## Exercise
When the string "Elements" is part of a line in the data below, report the whole line.

Collected data
%%

impl ParserStack {
    // The parser at the token after the next one.
    pub fn past(self) -> ParserStack
        requires { self.at < 2 ^ 63 }
        ensures { result ≡ record { stack = self.stack; at = self.at + 1 } }
    {
        ParserStack {
            stack: self.stack,
            at: self.at + 1,
        }
    }

    // The parser with a frame on top.
    pub fn with(self, frame: Frame) -> Result<ParserStack, Memory>
        ensures frames { IfOk result
            (λ parser. frames parser.stack.items ≡ frame_seen frame ∷ frames self.stack.items) }
        ensures at { IfOk result (λ parser. parser.at ≡ self.at) }
    {
        let mut stack = self.stack;
        stack.push(frame)?;
        Ok(ParserStack { stack, at: self.at })
    }

    // The machine where a part starts.
    pub fn start(self, context: Context) -> Machine
        ensures { result ≡ record { phase = ParserPhase.Start context; parser = self } }
    {
        Machine {
            phase: ParserPhase::Start(context),
            parser: self,
        }
    }

    // The machine where a part is read.
    pub fn done(self, context: Context, part: Part) -> Machine
        ensures { result ≡ record { phase = ParserPhase.Done context part; parser = self } }
    {
        Machine {
            phase: ParserPhase::Done(context, part),
            parser: self,
        }
    }

    // The machine where the tokens are no term.
    pub fn refused(self) -> Machine
        ensures { result ≡ record { phase = ParserPhase.No; parser = self } }
    {
        Machine {
            phase: ParserPhase::No,
            parser: self,
        }
    }
}

impl Operator {
    // The term over one operand, which was read up to a number.
    pub fn over_one(self, alloc: Global, operand: Reading, reach: u32) -> Result<Part, Memory>
        ensures { IfOk result
            (λ p.
            part_seen p
            ≡ P.over self.number reach
            (seen_app self.line self.name (M.one seen_making (seen operand)))) }
    {
        let operands = Readings::one(alloc, operand)?;
        Ok(Part {
            reading: Reading::app(self.line, self.name, operands)?,
            number: self.number,
            reach,
        })
    }

    // The term over two operands, the last of which was read up to a number.
    pub fn over_two(
        self,
        alloc: Global,
        left: Reading,
        right: Reading,
        reach: u32,
    ) -> Result<Part, Memory>
        ensures { IfOk result
            (λ p.
            part_seen p
            ≡ P.over self.number reach
            (seen_app self.line self.name (M.two seen_making (seen left) (seen right)))) }
    {
        let operands = Readings::two(alloc, left, right)?;
        Ok(Part {
            reading: Reading::app(self.line, self.name, operands)?,
            number: self.number,
            reach,
        })
    }
}

// A bracketed term is read: a closing bracket follows, or the tokens are no term.
fn after_paren(
    tokens: &[Lexeme],
    parser: ParserStack,
    line: u32,
    inside: Reading,
    outer: Context,
) -> Machine
    requires { parser.at ≤ length tokens.now }
    ensures { state tokens.now result
        ≡ M.after_paren seen_making outer.commas outer.limit (frames parser.stack.items) line
        (seen inside) (drop parser.at tokens.now) }
{
    match mark(tokens, parser.at) {
        Mark::Close => parser.past().done(outer, closed(inside.inside(line))),
        _ => parser.refused(),
    }
}

// What follows the bar of a list is read: the list's end follows, or the tokens are no term.
fn after_tail(
    alloc: Global,
    tokens: &[Lexeme],
    parser: ParserStack,
    line: u32,
    items: Readings,
    tail: Reading,
    outer: Context,
) -> Result<Machine, Memory>
    requires { parser.at ≤ length tokens.now }
    ensures { IfOk result
        (λ m.
        state tokens.now m
        ≡ M.after_tail seen_making outer.commas outer.limit (frames parser.stack.items) line
        (seen_row items) (seen tail) (drop parser.at tokens.now)) }
{
    match mark(tokens, parser.at) {
        Mark::ListClose => {
            let list = Reading::tailed(alloc, line, items, tail)?;
            Ok(parser.past().done(outer, closed(list)))
        }
        _ => Ok(parser.refused()),
    }
}

// An argument is read.
fn after_argument(
    tokens: &[Lexeme],
    parser: ParserStack,
    name: Row<Text>,
    line: u32,
    parts: Readings,
    outer: Context,
    commas: bool,
) -> Result<Machine, Memory>
    requires { parser.at ≤ length tokens.now }
    ensures { IfOk result
        (λ m.
        state tokens.now m
        ≡ M.parts seen_making (Series.Arguments name) line (seen_row parts) outer.commas
        outer.limit (frames parser.stack.items) commas (drop parser.at tokens.now)) }
{
    let _commas = commas;
    match mark(tokens, parser.at) {
        Mark::Comma => {
            let frame = Frame::Parts(Series::Arguments(name), line, parts, outer);
            Ok(parser.past().with(frame)?.start(Context::ARGUMENT))
        }
        Mark::Close => {
            let term = Reading::app(line, name, parts)?;
            Ok(parser.past().done(outer, closed(term)))
        }
        _ => Ok(parser.refused()),
    }
}

// An element of a list is read.
fn after_element(
    tokens: &[Lexeme],
    parser: ParserStack,
    line: u32,
    parts: Readings,
    outer: Context,
    commas: bool,
) -> Result<Machine, Memory>
    requires { parser.at ≤ length tokens.now }
    ensures { IfOk result
        (λ m.
        state tokens.now m
        ≡ M.parts seen_making Series.Elements line (seen_row parts) outer.commas outer.limit
        (frames parser.stack.items) commas (drop parser.at tokens.now)) }
{
    let _commas = commas;
    match mark(tokens, parser.at) {
        Mark::Comma => {
            let frame = Frame::Parts(Series::Elements, line, parts, outer);
            Ok(parser.past().with(frame)?.start(Context::ARGUMENT))
        }
        Mark::ListClose => {
            let list = Reading::items(line, parts)?;
            Ok(parser.past().done(outer, closed(list)))
        }
        Mark::Bar => {
            let frame = Frame::Tail(line, parts, outer);
            Ok(parser.past().with(frame)?.start(Context::ARGUMENT))
        }
        _ => Ok(parser.refused()),
    }
}

// What a token joins the term before it to.
#[tactic(auto, unfolding(crate::specs::Infixes::joined_by))]
fn infix_of(commas: bool, token: &Lexeme) -> Infix
    ensures { result ≡ joined_by commas token.now }
{
    match token {
        Lexeme::Word(name, _, _) => match infix(name.bytes()) {
            None => Infix::Nothing,
            Some((number, fix)) => infix_by(name.bytes(), number, fix),
        },
        Lexeme::Comma => {
            if commas {
                Infix::Nothing
            } else {
                Infix::Chains(Chain::And)
            }
        }
        _ => Infix::Nothing,
    }
}

fn infix_by(name: &[u8], number: u32, fix: Fix) -> Infix
    ensures { result ≡ infix_from name.now (Some (number, fix)) }
{
    if is(b",", name) {
        return Infix::Chains(Chain::And);
    }
    if is(b";", name) {
        return Infix::Chains(Chain::Or);
    }
    binary_by(number, fix)
}

fn binary_by(number: u32, fix: Fix) -> Infix
    ensures { result ≡ binary_of number fix }
{
    match fix {
        Fix::Xfx => Infix::Binary(number, false, false),
        Fix::Xfy => Infix::Binary(number, false, true),
        Fix::Yfx => Infix::Binary(number, true, false),
        _ => Infix::Nothing,
    }
}

fn infix_at(tokens: &[Lexeme], commas: bool, at: usize) -> Infix
    ensures { result ≡ infix_next commas (drop at tokens.now) }
{
    if at >= tokens.len() {
        return Infix::Nothing;
    }
    infix_of(commas, &tokens[at])
}

fn rank(kind: Chain) -> u32
    ensures { result ≡ rank kind }
{
    match kind {
        Chain::And => 1000,
        Chain::Or => 1100,
    }
}

fn operand(y: bool, number: u32) -> u32
    ensures { result ≡ operand y number }
{
    if y { number } else { number.saturating_sub(1) }
}

// A name of one part.
pub fn name_row(alloc: Global, name: &Text) -> Result<Row<Text>, Memory>
    ensures { IfOk result (λ row. row ≡ name.now ∷ []) }
{
    Row::one(alloc, name.copied(alloc)?)
}

// The name of an operator.
fn name_at(alloc: Global, tokens: &[Lexeme], at: usize) -> Result<Row<Text>, Memory>
    ensures { IfOk result (λ row. row ≡ name_next (drop at tokens.now)) }
{
    if at < tokens.len() {
        if let Lexeme::Word(name, _, _) = &tokens[at] {
            return name_row(alloc, name);
        }
    }
    Ok(Row::new(alloc))
}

%%

## Exercise response
        ≡ M.parts seen_making Series.Elements line (seen_row parts) outer.commas outer.limit
            let frame = Frame::Parts(Series::Elements, line, parts, outer);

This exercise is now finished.